----- Record excerpts -----

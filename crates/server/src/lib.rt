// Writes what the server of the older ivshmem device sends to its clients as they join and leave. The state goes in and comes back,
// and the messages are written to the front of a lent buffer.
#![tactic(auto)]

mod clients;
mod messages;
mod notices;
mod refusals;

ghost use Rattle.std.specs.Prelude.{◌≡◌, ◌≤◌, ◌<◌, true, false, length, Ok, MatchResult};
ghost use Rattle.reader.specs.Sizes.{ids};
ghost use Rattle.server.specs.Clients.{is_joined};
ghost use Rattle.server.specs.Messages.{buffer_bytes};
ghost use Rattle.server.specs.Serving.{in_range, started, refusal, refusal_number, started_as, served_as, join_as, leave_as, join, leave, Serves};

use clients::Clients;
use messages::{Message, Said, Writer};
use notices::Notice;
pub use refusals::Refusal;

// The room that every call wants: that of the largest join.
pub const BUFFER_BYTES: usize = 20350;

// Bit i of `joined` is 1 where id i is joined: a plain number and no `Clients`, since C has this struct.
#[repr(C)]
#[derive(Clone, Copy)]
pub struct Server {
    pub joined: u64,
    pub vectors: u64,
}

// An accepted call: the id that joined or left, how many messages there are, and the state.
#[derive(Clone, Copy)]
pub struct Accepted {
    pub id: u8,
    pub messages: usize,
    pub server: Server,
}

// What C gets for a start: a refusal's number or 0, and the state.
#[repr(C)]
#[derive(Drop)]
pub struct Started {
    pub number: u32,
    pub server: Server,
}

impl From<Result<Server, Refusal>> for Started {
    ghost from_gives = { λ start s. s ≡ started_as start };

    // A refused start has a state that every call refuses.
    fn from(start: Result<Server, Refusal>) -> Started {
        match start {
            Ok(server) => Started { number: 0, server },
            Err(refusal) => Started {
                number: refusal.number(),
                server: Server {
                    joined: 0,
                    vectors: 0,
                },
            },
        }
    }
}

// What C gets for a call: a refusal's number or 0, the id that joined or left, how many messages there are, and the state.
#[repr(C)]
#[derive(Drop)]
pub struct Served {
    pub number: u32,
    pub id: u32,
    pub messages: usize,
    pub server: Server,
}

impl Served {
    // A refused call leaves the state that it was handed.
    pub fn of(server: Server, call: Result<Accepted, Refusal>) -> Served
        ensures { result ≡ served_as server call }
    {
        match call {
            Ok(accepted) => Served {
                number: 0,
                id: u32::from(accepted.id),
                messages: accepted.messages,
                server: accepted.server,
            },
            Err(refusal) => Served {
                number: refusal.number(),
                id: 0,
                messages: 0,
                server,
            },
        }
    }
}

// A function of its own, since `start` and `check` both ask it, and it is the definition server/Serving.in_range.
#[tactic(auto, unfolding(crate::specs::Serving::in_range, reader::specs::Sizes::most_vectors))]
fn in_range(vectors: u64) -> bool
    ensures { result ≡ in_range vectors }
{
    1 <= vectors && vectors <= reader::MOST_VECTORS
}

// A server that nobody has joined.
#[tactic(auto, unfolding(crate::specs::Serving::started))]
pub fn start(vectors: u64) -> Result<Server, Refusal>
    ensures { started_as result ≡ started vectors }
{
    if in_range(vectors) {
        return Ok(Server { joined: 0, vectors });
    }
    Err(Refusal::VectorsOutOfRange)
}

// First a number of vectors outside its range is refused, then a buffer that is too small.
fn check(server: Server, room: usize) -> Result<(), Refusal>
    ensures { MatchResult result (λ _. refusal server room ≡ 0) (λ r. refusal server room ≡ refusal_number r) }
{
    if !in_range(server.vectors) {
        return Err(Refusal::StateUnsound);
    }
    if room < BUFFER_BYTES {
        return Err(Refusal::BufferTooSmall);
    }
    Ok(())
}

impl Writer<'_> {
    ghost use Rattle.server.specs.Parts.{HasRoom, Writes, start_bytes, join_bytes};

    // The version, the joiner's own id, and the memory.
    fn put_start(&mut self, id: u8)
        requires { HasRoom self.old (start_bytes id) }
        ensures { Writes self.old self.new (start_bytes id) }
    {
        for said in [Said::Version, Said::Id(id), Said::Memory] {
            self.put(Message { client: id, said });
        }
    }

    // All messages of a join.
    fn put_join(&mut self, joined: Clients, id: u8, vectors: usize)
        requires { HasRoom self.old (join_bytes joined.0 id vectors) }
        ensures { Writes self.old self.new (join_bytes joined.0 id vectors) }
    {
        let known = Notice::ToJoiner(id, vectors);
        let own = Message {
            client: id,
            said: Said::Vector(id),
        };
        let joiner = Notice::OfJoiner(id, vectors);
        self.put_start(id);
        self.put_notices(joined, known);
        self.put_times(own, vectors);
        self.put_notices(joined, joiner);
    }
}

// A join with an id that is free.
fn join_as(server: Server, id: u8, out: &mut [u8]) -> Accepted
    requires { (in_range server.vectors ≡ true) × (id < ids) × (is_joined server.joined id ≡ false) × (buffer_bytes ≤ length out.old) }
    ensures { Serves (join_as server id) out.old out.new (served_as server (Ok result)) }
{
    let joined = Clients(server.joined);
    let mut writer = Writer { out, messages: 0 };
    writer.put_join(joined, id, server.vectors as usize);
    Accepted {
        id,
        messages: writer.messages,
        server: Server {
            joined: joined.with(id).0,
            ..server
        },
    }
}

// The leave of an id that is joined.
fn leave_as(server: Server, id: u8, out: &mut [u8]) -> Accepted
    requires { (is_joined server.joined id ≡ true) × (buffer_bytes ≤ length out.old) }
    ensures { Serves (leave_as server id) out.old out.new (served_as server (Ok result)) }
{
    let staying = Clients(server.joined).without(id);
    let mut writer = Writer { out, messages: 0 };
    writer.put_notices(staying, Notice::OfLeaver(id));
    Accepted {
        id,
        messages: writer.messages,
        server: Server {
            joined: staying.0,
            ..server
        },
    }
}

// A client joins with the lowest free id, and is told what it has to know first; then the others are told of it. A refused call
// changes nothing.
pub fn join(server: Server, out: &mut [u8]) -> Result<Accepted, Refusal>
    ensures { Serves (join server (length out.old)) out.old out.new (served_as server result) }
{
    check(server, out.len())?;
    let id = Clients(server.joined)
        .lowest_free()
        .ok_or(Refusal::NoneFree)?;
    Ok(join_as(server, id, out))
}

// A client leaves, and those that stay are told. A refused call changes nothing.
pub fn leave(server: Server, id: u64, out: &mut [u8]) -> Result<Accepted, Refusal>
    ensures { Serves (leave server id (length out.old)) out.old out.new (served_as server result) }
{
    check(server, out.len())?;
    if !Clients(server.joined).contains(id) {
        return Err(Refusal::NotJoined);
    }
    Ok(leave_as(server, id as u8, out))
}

-----

→ Task item
Word for word, write out every entry shown above.

→ Solution for this task
filename crates/server/src/lib.rt
// Writes what the server of the older ivshmem device sends to its clients as they join and leave. The state goes in and comes back,
// and the messages are written to the front of a lent buffer.
#![tactic(auto)]

mod clients;
mod messages;
mod notices;
mod refusals;

ghost use Rattle.std.specs.Prelude.{◌≡◌, ◌≤◌, ◌<◌, true, false, length, Ok, MatchResult};
ghost use Rattle.reader.specs.Sizes.{ids};
ghost use Rattle.server.specs.Clients.{is_joined};
ghost use Rattle.server.specs.Messages.{buffer_bytes};
ghost use Rattle.server.specs.Serving.{in_range, started, refusal, refusal_number, started_as, served_as, join_as, leave_as, join, leave, Serves};

use clients::Clients;
use messages::{Message, Said, Writer};
use notices::Notice;
pub use refusals::Refusal;

// The room that every call wants: that of the largest join.
pub const BUFFER_BYTES: usize = 20350;

// Bit i of `joined` is 1 where id i is joined: a plain number and no `Clients`, since C has this struct.
#[repr(C)]
#[derive(Clone, Copy)]
pub struct Server {
    pub joined: u64,
    pub vectors: u64,
}

// An accepted call: the id that joined or left, how many messages there are, and the state.
#[derive(Clone, Copy)]
pub struct Accepted {
    pub id: u8,
    pub messages: usize,
    pub server: Server,
}

// What C gets for a start: a refusal's number or 0, and the state.
#[repr(C)]
#[derive(Drop)]
pub struct Started {
    pub number: u32,
    pub server: Server,
}

impl From<Result<Server, Refusal>> for Started {
    ghost from_gives = { λ start s. s ≡ started_as start };

    // A refused start has a state that every call refuses.
    fn from(start: Result<Server, Refusal>) -> Started {
        match start {
            Ok(server) => Started { number: 0, server },
            Err(refusal) => Started {
                number: refusal.number(),
                server: Server {
                    joined: 0,
                    vectors: 0,
                },
            },
        }
    }
}

// What C gets for a call: a refusal's number or 0, the id that joined or left, how many messages there are, and the state.
#[repr(C)]
#[derive(Drop)]
pub struct Served {
    pub number: u32,
    pub id: u32,
    pub messages: usize,
    pub server: Server,
}

impl Served {
    // A refused call leaves the state that it was handed.
    pub fn of(server: Server, call: Result<Accepted, Refusal>) -> Served
        ensures { result ≡ served_as server call }
    {
        match call {
            Ok(accepted) => Served {
                number: 0,
                id: u32::from(accepted.id),
                messages: accepted.messages,
                server: accepted.server,
            },
            Err(refusal) => Served {
                number: refusal.number(),
                id: 0,
                messages: 0,
                server,
            },
        }
    }
}

// A function of its own, since `start` and `check` both ask it, and it is the definition server/Serving.in_range.
#[tactic(auto, unfolding(crate::specs::Serving::in_range, reader::specs::Sizes::most_vectors))]
fn in_range(vectors: u64) -> bool
    ensures { result ≡ in_range vectors }
{
    1 <= vectors && vectors <= reader::MOST_VECTORS
}

// A server that nobody has joined.
#[tactic(auto, unfolding(crate::specs::Serving::started))]
pub fn start(vectors: u64) -> Result<Server, Refusal>
    ensures { started_as result ≡ started vectors }
{
    if in_range(vectors) {
        return Ok(Server { joined: 0, vectors });
    }
    Err(Refusal::VectorsOutOfRange)
}

// First a number of vectors outside its range is refused, then a buffer that is too small.
fn check(server: Server, room: usize) -> Result<(), Refusal>
    ensures { MatchResult result (λ _. refusal server room ≡ 0) (λ r. refusal server room ≡ refusal_number r) }
{
    if !in_range(server.vectors) {
        return Err(Refusal::StateUnsound);
    }
    if room < BUFFER_BYTES {
        return Err(Refusal::BufferTooSmall);
    }
    Ok(())
}

impl Writer<'_> {
    ghost use Rattle.server.specs.Parts.{HasRoom, Writes, start_bytes, join_bytes};

    // The version, the joiner's own id, and the memory.
    fn put_start(&mut self, id: u8)
        requires { HasRoom self.old (start_bytes id) }
        ensures { Writes self.old self.new (start_bytes id) }
    {
        for said in [Said::Version, Said::Id(id), Said::Memory] {
            self.put(Message { client: id, said });
        }
    }

    // All messages of a join.
    fn put_join(&mut self, joined: Clients, id: u8, vectors: usize)
        requires { HasRoom self.old (join_bytes joined.0 id vectors) }
        ensures { Writes self.old self.new (join_bytes joined.0 id vectors) }
    {
        let known = Notice::ToJoiner(id, vectors);
        let own = Message {
            client: id,
            said: Said::Vector(id),
        };
        let joiner = Notice::OfJoiner(id, vectors);
        self.put_start(id);
        self.put_notices(joined, known);
        self.put_times(own, vectors);
        self.put_notices(joined, joiner);
    }
}

// A join with an id that is free.
fn join_as(server: Server, id: u8, out: &mut [u8]) -> Accepted
    requires { (in_range server.vectors ≡ true) × (id < ids) × (is_joined server.joined id ≡ false) × (buffer_bytes ≤ length out.old) }
    ensures { Serves (join_as server id) out.old out.new (served_as server (Ok result)) }
{
    let joined = Clients(server.joined);
    let mut writer = Writer { out, messages: 0 };
    writer.put_join(joined, id, server.vectors as usize);
    Accepted {
        id,
        messages: writer.messages,
        server: Server {
            joined: joined.with(id).0,
            ..server
        },
    }
}

// The leave of an id that is joined.
fn leave_as(server: Server, id: u8, out: &mut [u8]) -> Accepted
    requires { (is_joined server.joined id ≡ true) × (buffer_bytes ≤ length out.old) }
    ensures { Serves (leave_as server id) out.old out.new (served_as server (Ok result)) }
{
    let staying = Clients(server.joined).without(id);
    let mut writer = Writer { out, messages: 0 };
    writer.put_notices(staying, Notice::OfLeaver(id));
    Accepted {
        id,
        messages: writer.messages,
        server: Server {
            joined: staying.0,
            ..server
        },
    }
}

// A client joins with the lowest free id, and is told what it has to know first; then the others are told of it. A refused call
// changes nothing.
pub fn join(server: Server, out: &mut [u8]) -> Result<Accepted, Refusal>
    ensures { Serves (join server (length out.old)) out.old out.new (served_as server result) }
{
    check(server, out.len())?;
    let id = Clients(server.joined)
        .lowest_free()
        .ok_or(Refusal::NoneFree)?;
    Ok(join_as(server, id, out))
}

// A client leaves, and those that stay are told. A refused call changes nothing.
pub fn leave(server: Server, id: u64, out: &mut [u8]) -> Result<Accepted, Refusal>
    ensures { Serves (leave server id (length out.old)) out.old out.new (served_as server result) }
{
    check(server, out.len())?;
    if !Clients(server.joined).contains(id) {
        return Err(Refusal::NotJoined);
    }
    Ok(leave_as(server, id as u8, out))
}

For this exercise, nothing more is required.